Of course the Premier League would also argue that mixing up kick-off times gives more choice to the consumer . . . sorry, I mean the fan, but I have yet to meet a fan or more importantly a footballer — for they should occasionally be consulted about these things — who loves a midday match. It feels almost Luddite to try to argue against the mixed-up, crazy world of Premier League kick-offs as they do seem to be here to stay, but it doesn’t mean that they are right and more choice is not always best. One weekend soon there will be no games at 3pm on a Saturday. As the mix of Premier League clubs’ ownership becomes more international, every season the incentive to appeal to countries eight time zones away is only going to increase and the biggest gift of all to them would be a real Premier League fixture.
Tom Coughlin, the New York Giants coach, is treating his team’s trip to London as nothing more than another league game and said that the flight time is almost as long as when the Giants travel to the West Coast of America, so there shouldn’t be too much of an issue. The same could not be said for any Premier League club wishing to hop over to Thailand to play a midweek fixture.
So what do you do? Lengthen the season to accommodate the travel and do away with the meaningless pre-season tours — which would be redundant anyway if real fixtures went ahead? All well and good, unless you ever want England to compete on the world stage again.
Players already turn up for international training exhausted; add a few trips to the Far East and the West Coast and see that absentee list grow. The FA must be sweating; it knows it is only a matter of time before Manchester United and Liverpool agree to play in Hong Kong one Saturday afternoon (which is about a 9am start if you take it on pay per view). And there really is nothing it can do about it. Such considerations do not enter the franchise owners’ meetings at the NFL. After all, the US American football team do not exist in the real world and there are no World Cups to qualify for or European Championships to play in.
If this is all sounding a bit far-fetched, you really haven’t been following English football for a few years, but to appease you, let us start on a smaller scale; every weekend thousands of Irish football fans make the trip across the water to take in Premier League and Clydesdale Bank Premier League football. So give them Sunderland v Manchester United in Dublin, or even better in Cork, as a reward? No issues about travel or jet lag to deal with — the only stumbling block would be which team forfeit the fixture as a home match. If you limit the travelling fans to get a real sense of the “home” crowd, ie, those who live in that country, you could have as little as 10,000 of the 70,000 who would normally be at Old Trafford for that fixture. And I am not sure they’d all be delighted. But I am sure in trying to placate them, something along the lines of “you can buy another Cristiano Ronaldo” might be uttered. And to Sunderland’s fans: “You can buy your first Ronaldo.”

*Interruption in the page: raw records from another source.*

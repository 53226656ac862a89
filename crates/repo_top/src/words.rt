// The words of the command line, read by a table.
ghost use Rattle.std.specs.Prelude.{IsSome, Option, option_copied, ◌≡◌, ◌≢◌, ◌++◌, ◌∷◌, ◌≤◌, ◌↔◌, ℕ, Bool, List, MatchOption, IsTrue, map, string_bytes, bytes_eq, codes, [], option_map};
ghost use Rattle.std.specs.List.{find, IsDistinct};
ghost use Rattle.std.specs.Map.{lookup, keys_of};
ghost use Rattle.repo_top.specs.Words.{TableRow, table_row, row_option, AreGiven, AreGenWords, AreRunWords, Begins, GivesNumber, IsNumber, IsOption, HasNoEquals, IsRequiredNumber, IsRow, SpellOptions, MakesMeaning, WordsMean, AreOptions, documents_words, option_word, verb_row, IsGivenBy, FitsOption};
ghost use Rattle.repo_top.specs.declared.words.Given.{Given};
ghost use Rattle.repo_top.specs.declared.words.Words.TheVariants.{Gen, Run, Steps, Types};

/// What a list of words means.
#[derive(Clone, Copy, PartialEq, Eq)]
pub enum Words {
    /// `steps`: reads a script from the source, runs it on one thread, prints the replies, and
    /// behind them the documents where these are asked for.
    Steps {
        documents: bool,
    },
    /// `types`: reads a text of node types from the source, prints its canonical form.
    Types,
    /// `run`: reads a script from the source, runs it by so many worker threads, 1 to 16, prints
    /// the replies, and behind them the documents where these are asked for.
    Run {
        workers: u32,
        documents: bool,
    },
    /// `gen`: makes a script from a seed for so many sessions, 1 to 64, and prints it; or runs it
    /// on one thread and prints one line that counts what came of it. The source isn't read.
    Gen {
        seed: u64,
        sessions: u32,
        runs: bool,
    },
}

/// The command of a row.
#[derive(Clone, Copy, PartialEq, Eq)]
pub enum Verb {
    Steps,
    Types,
    Run,
    Gen,
}

/// What an option takes.
#[derive(Clone, Copy)]
pub enum Takes {
    /// Nothing: the option is a flag.
    Nothing,
    /// A number in this range.
    Number { least: u64, most: u64 },
}

/// An option of a command.
#[derive(Clone, Copy)]
pub struct WordOption<'t> {
    pub name: &'t str,
    pub takes: Takes,
    pub required: bool,
}

/// A row of a table of words: the word of a command, the command and its options.
#[derive(Clone, Copy)]
pub struct Row<'t> {
    pub command: &'t str,
    pub verb: Verb,
    pub options: &'t [WordOption<'t>],
}

/// How an option is given.
#[derive(Clone, Copy, PartialEq, Eq)]
pub enum Given {
    Flag,
    Number(u64),
}

// The option at the head of a list of words, how it is given, and the words behind it.
#[derive(Clone, Copy)]
struct FirstGiven<'w> {
    name: &'w str,
    given: Given,
    rest: &'w [String],
}

const ROWS: [Row; 4] = [
    Row {
        command: "steps",
        verb: Verb::Steps,
        options: &[WordOption {
            name: "documents",
            takes: Takes::Nothing,
            required: false,
        }],
    },
    Row {
        command: "types",
        verb: Verb::Types,
        options: &[],
    },
    Row {
        command: "run",
        verb: Verb::Run,
        options: &[
            WordOption {
                name: "workers",
                takes: Takes::Number { least: 1, most: 16 },
                required: true,
            },
            WordOption {
                name: "documents",
                takes: Takes::Nothing,
                required: false,
            },
        ],
    },
    Row {
        command: "gen",
        verb: Verb::Gen,
        options: &[
            WordOption {
                name: "seed",
                takes: Takes::Number {
                    least: 0,
                    most: u64::MAX,
                },
                required: true,
            },
            WordOption {
                name: "sessions",
                takes: Takes::Number { least: 1, most: 64 },
                required: true,
            },
            WordOption {
                name: "run",
                takes: Takes::Nothing,
                required: false,
            },
        ],
    },
];

/// The meaning of a list of words, where it has one.
pub fn words_meant(words: &[String]) -> Option<Words>
    ensures { MatchOption result
        ((meaning : _) → ¬ WordsMean (map string_bytes words.now) meaning)
        (WordsMean (map string_bytes words.now)) }
{
    let row = row_meant(&ROWS, words)?;
    Some(meaning_of(row, &words[1..]))
}

// What a command means with the options that words give it.
fn meaning_of(row: &Row, words: &[String]) -> Words
    requires row { table_row row.now ≡ verb_row row.now.verb }
    requires given { SpellOptions (map row_option row.now.options.now)
        (map string_bytes words.now) }
    ensures { (given : List (List ℕ × Given))
        → AreGiven (map row_option row.now.options.now) given (map string_bytes words.now)
        → MakesMeaning row.now.verb given result }
{
    match row.verb {
        Verb::Steps => Words::Steps {
            documents: option_given(row.options, words, "documents").is_some(),
        },
        Verb::Types => Words::Types,
        Verb::Run => Words::Run {
            workers: number_given(row.options, words, "workers") as u32,
            documents: option_given(row.options, words, "documents").is_some(),
        },
        Verb::Gen => Words::Gen {
            seed: number_given(row.options, words, "seed"),
            sessions: number_given(row.options, words, "sessions") as u32,
            runs: option_given(row.options, words, "run").is_some(),
        },
    }
}

// The number that words give a required option.
fn number_given(options: &[WordOption], words: &[String], name: &str) -> u64
    requires given { SpellOptions (map row_option options.now) (map string_bytes words.now) }
    requires number { IsRequiredNumber (map row_option options.now) name.now }
    ensures { (given : List (List ℕ × Given))
        → AreGiven (map row_option options.now) given (map string_bytes words.now)
        → GivesNumber given name.now result }
{
    match option_given(options, words, name) {
        Some(Given::Number(number)) => number,
        Some(Given::Flag) => unreachable!(),
        None => unreachable!(),
    }
}

/// The words that mean to run a script by its schedule are `steps`, and `--documents` where the
/// documents are asked for.
pub fn meaning_of_steps()
    ensures { (words : List (List ℕ)) (documents : Bool) →
        WordsMean words (Steps documents) ↔ (words ≡ codes "steps" ∷ documents_words documents) }
{}

/// The word `types` alone means to print node types.
pub fn meaning_of_types()
    ensures { (words : List (List ℕ)) → WordsMean words Types ↔ (words ≡ codes "types" ∷ []) }
{}

/// The words that mean to run a script by workers are `run` and their number, 1 to 16, as one word
/// or two, and `--documents` before it or behind it where the documents are asked for.
pub fn meaning_of_run()
    ensures { (words : List (List ℕ)) (workers : ℕ) (documents : Bool) →
        WordsMean words (Run workers documents) ↔ AreRunWords words workers documents }
{}

/// The words that mean to make a script are `gen`, the seed, any number below 2^64, and the number
/// of sessions, 1 to 64, each as one word or two, and `--run` where it is to be run; the options in
/// any order.
pub fn meaning_of_gen()
    ensures { (words : List (List ℕ)) (seed sessions : ℕ) (runs : Bool) →
        WordsMean words (Gen seed sessions runs) ↔ AreGenWords words seed sessions runs }
{}

/// The row of a table that a list of words spells.
pub fn row_meant<'t>(table: &'t [Row<'t>], words: &[String]) -> Option<&'t Row<'t>>
    ensures { MatchOption result
        ((row : TableRow) (given : List (List ℕ × Given))
        → ¬ IsRow (map table_row table.now) row given (map string_bytes words.now))
        (λ row. (given : List (List ℕ × Given))
        × IsRow (map table_row table.now) (table_row row.now) given
        (map string_bytes words.now)) }
{
    let [command, rest @ ..] = words else {
        return None;
    };
    let row = row_named(table, command.as_str())?;
    if spells(row.options, rest) {
        Some(row)
    } else {
        None
    }
}

// The row of a command.
fn row_named<'t>(table: &'t [Row<'t>], command: &str) -> Option<&'t Row<'t>>
    ensures { option_copied result ≡ find (λ r. bytes_eq r.command.now command.now) table.now }
{
    table.iter().find(|row| row.command == command)
}

/// How words give an option of this name, where they do.
pub fn option_given(options: &[WordOption], words: &[String], name: &str) -> Option<Given>
    ensures { (given : List (List ℕ × Given))
        → AreGiven (map row_option options.now) given (map string_bytes words.now)
        → result ≡ lookup (bytes_eq name.now) given }
{
    let first = first_given(options, words)?;
    if name == first.name {
        Some(first.given)
    } else {
        option_given(options, first.rest, name)
    }
}

// Words are options, one after the other, and none twice.
fn are_given(options: &[WordOption], words: &[String]) -> bool
    ensures { IsTrue result
        ↔ ((given : List (List ℕ × Given))
        × AreGiven (map row_option options.now) given (map string_bytes words.now)
        × IsDistinct bytes_eq (keys_of given)) }
{
    if words.is_empty() {
        return true;
    }
    let Some(first) = first_given(options, words) else {
        return false;
    };
    if option_given(options, first.rest, first.name).is_some() {
        return false;
    }
    are_given(options, first.rest)
}

// Words spell options.
fn spells(options: &[WordOption], words: &[String]) -> bool
    ensures { IsTrue result
        ↔ ((given : List (List ℕ × Given))
        × AreOptions (map row_option options.now) given (map string_bytes words.now)) }
{
    if !are_given(options, words) {
        return false;
    }
    for option in options {
        if !is_met(option, options, words) {
            return false;
        }
    }
    true
}

// An option that is required is given.
fn is_met(option: &WordOption, options: &[WordOption], words: &[String]) -> bool
    ensures { (given : List (List ℕ × Given))
        → AreGiven (map row_option options.now) given (map string_bytes words.now)
        → IsTrue result ↔
        (IsTrue option.now.required → IsSome (lookup (bytes_eq option.now.name.now) given)) }
{
    !option.required || option_given(options, words, option.name).is_some()
}

// The option with which words begin.
fn first_given<'w>(options: &[WordOption], words: &'w [String]) -> Option<FirstGiven<'w>>
    ensures { MatchOption result
        ((name : List ℕ) (given : Given) (rest : List (List ℕ))
        → IsOption (map row_option options.now) name given
        → ¬ Begins name given (map string_bytes words.now) rest)
        (λ r. IsOption (map row_option options.now) r.name.now r.given
        × Begins r.name.now r.given (map string_bytes words.now)
        (map string_bytes r.rest.now)) }
{
    let [word, behind @ ..] = words else {
        return None;
    };
    let (name, value) = named(word.as_str())?;
    let option = option_named(options, name)?;
    let (given, rest) = how_given(option.takes, value, behind)?;
    Some(FirstGiven { name, given, rest })
}

// How an option is given by the value in its word and by the words behind it, and the rest of
// these.
fn how_given<'w>(
    takes: Takes,
    value: Option<&str>,
    words: &'w [String],
) -> Option<(Given, &'w [String])>
    ensures { MatchOption result
        ((given : Given) (rest : List (List ℕ)) → FitsOption takes given
        → ¬ IsGivenBy given (option_map (λ v. v.now) value.entry)
        (map string_bytes words.now) rest)
        (λ r. FitsOption takes r.0
        × IsGivenBy r.0 (option_map (λ v. v.now) value.entry) (map string_bytes words.now)
        (map string_bytes r.1.now)) }
{
    match (takes, value) {
        (Takes::Nothing, None) => Some((Given::Flag, words)),
        (Takes::Nothing, Some(_)) => None,
        (Takes::Number { least, most }, Some(digits)) => {
            let number = number_within(least, most, digits)?;
            Some((Given::Number(number), words))
        }
        (Takes::Number { least, most }, None) => {
            let [digits, rest @ ..] = words else {
                return None;
            };
            let number = number_within(least, most, digits.as_str())?;
            Some((Given::Number(number), rest))
        }
    }
}

// The option of a name.
fn option_named<'t>(options: &'t [WordOption<'t>], name: &str) -> Option<&'t WordOption<'t>>
    ensures { option_copied result ≡ find (λ o. bytes_eq o.name.now name.now) options.now }
{
    options.iter().find(|option| option.name == name)
}

// The name of the option whose word this is, and the value in it.
fn named(word: &str) -> Option<(&str, Option<&str>)>
    ensures { MatchOption result
        ((name : List ℕ) (value : Option (List ℕ)) → word.now ≢ option_word name value)
        (λ r. HasNoEquals r.0.now
        × (word.now ≡ option_word r.0.now (option_map (λ v. v.now) r.1))) }
{
    Some(at_equals(behind_dash(behind_dash(word)?)?))
}

// What stands in front of the first `=` of a text, and what behind it.
fn at_equals(text: &str) -> (&str, Option<&str>)
    ensures plain { HasNoEquals result.0.now }
    ensures parts { MatchOption result.1 (text.now ≡ result.0.now)
        (λ value. text.now ≡ result.0.now ++ (61 ∷ value.now)) }
{
    match text.split_once('=') {
        Some((name, value)) => (name, Some(value)),
        None => (text, None),
    }
}

// What stands behind the dash with which a text begins.
fn behind_dash(text: &str) -> Option<&str>
    ensures { MatchOption result ((more : List ℕ) → text.now ≢ 45 ∷ more)
        (λ behind. text.now ≡ 45 ∷ behind.now) }
{
    text.strip_prefix('-')
}

// The number that digits spell, where it is in the range.
fn number_within(least: u64, most: u64, digits: &str) -> Option<u64>
    ensures { MatchOption result ((n : ℕ) → IsNumber digits.now n → least ≤ n → ¬ (n ≤ most))
        (λ n. IsNumber digits.now n × (least ≤ n) × (n ≤ most)) }
{
    if digits.len() > 20 || digits.as_bytes().first() == Some(&b'+') {
        return None;
    }
    let number = digits.parse().ok()?;
    if number < least || most < number {
        None
    } else {
        Some(number)
    }
}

I know I have to move with the times but where will it end? Perhaps next season every team will have the right to play Ronaldinho once: the fixture will be pulled out of the hat to make it fair as he becomes the Premier League’s first roving player — owned by the League itself.
Or what about Mourinho Monday? Every team have to play at least one match on a Monday and have José Mourinho pick their side for the game. Even better, he picks both teams, gives both team talks and acts as a pundit for the telly. Of course we could vote with our feet and not put up with any more nonsense, but, well, it’s just that the Premier League is so bloody exciting!